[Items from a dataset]
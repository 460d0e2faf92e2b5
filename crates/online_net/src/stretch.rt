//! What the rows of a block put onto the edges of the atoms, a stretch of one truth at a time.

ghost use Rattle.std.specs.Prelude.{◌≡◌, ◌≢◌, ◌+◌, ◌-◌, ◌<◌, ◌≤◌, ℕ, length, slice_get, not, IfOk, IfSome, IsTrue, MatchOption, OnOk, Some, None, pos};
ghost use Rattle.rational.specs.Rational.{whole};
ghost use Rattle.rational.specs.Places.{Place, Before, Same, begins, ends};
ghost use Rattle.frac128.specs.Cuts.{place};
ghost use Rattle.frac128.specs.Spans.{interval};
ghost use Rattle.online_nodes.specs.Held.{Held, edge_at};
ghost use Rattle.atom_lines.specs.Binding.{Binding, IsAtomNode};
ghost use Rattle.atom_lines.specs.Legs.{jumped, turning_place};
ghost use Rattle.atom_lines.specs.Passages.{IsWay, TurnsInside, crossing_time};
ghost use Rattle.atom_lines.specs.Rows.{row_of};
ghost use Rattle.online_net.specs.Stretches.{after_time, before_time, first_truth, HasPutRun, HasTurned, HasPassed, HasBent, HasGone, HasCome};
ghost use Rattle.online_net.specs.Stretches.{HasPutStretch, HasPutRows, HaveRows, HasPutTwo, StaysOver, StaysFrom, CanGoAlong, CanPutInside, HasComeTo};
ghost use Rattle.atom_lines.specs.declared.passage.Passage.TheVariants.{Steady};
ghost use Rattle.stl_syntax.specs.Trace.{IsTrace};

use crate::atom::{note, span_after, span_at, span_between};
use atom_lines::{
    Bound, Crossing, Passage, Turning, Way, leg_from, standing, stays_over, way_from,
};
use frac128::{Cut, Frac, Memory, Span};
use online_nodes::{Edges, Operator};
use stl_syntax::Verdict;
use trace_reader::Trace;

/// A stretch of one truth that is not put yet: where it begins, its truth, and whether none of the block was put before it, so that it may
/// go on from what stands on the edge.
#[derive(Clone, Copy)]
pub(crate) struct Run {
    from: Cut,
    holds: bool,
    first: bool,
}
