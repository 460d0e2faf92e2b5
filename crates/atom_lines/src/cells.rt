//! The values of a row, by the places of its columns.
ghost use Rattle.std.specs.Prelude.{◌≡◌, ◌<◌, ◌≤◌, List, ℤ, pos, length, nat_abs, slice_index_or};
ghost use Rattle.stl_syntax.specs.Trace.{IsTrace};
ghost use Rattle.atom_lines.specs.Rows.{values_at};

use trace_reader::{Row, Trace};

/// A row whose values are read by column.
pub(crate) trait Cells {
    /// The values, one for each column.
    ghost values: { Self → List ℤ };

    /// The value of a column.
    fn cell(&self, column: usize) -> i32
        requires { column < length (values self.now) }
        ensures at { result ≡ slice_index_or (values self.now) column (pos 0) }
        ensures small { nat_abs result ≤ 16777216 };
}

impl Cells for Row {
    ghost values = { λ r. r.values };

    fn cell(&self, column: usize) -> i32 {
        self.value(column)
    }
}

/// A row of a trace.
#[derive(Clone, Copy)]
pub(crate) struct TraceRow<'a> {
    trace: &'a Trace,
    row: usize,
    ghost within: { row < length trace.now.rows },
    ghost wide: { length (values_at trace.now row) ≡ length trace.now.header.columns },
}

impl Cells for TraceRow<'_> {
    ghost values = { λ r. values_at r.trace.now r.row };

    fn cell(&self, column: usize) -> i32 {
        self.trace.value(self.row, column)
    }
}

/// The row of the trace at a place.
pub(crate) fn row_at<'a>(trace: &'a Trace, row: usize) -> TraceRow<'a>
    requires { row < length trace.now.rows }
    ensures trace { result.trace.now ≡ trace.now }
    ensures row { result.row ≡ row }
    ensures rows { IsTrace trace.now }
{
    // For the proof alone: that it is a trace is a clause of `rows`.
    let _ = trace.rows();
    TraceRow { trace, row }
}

» REQUIRED ACTION
The expected output is the lines from the one holding "result.trace.now ≡ trace.now" through the last line of the data, exactly as they appear, with nothing before or after.

» TASK SOLUTION
    ensures trace { result.trace.now ≡ trace.now }
    ensures row { result.row ≡ row }
    ensures rows { IsTrace trace.now }
{
    // For the proof alone: that it is a trace is a clause of `rows`.
    let _ = trace.rows();
    TraceRow { trace, row }
}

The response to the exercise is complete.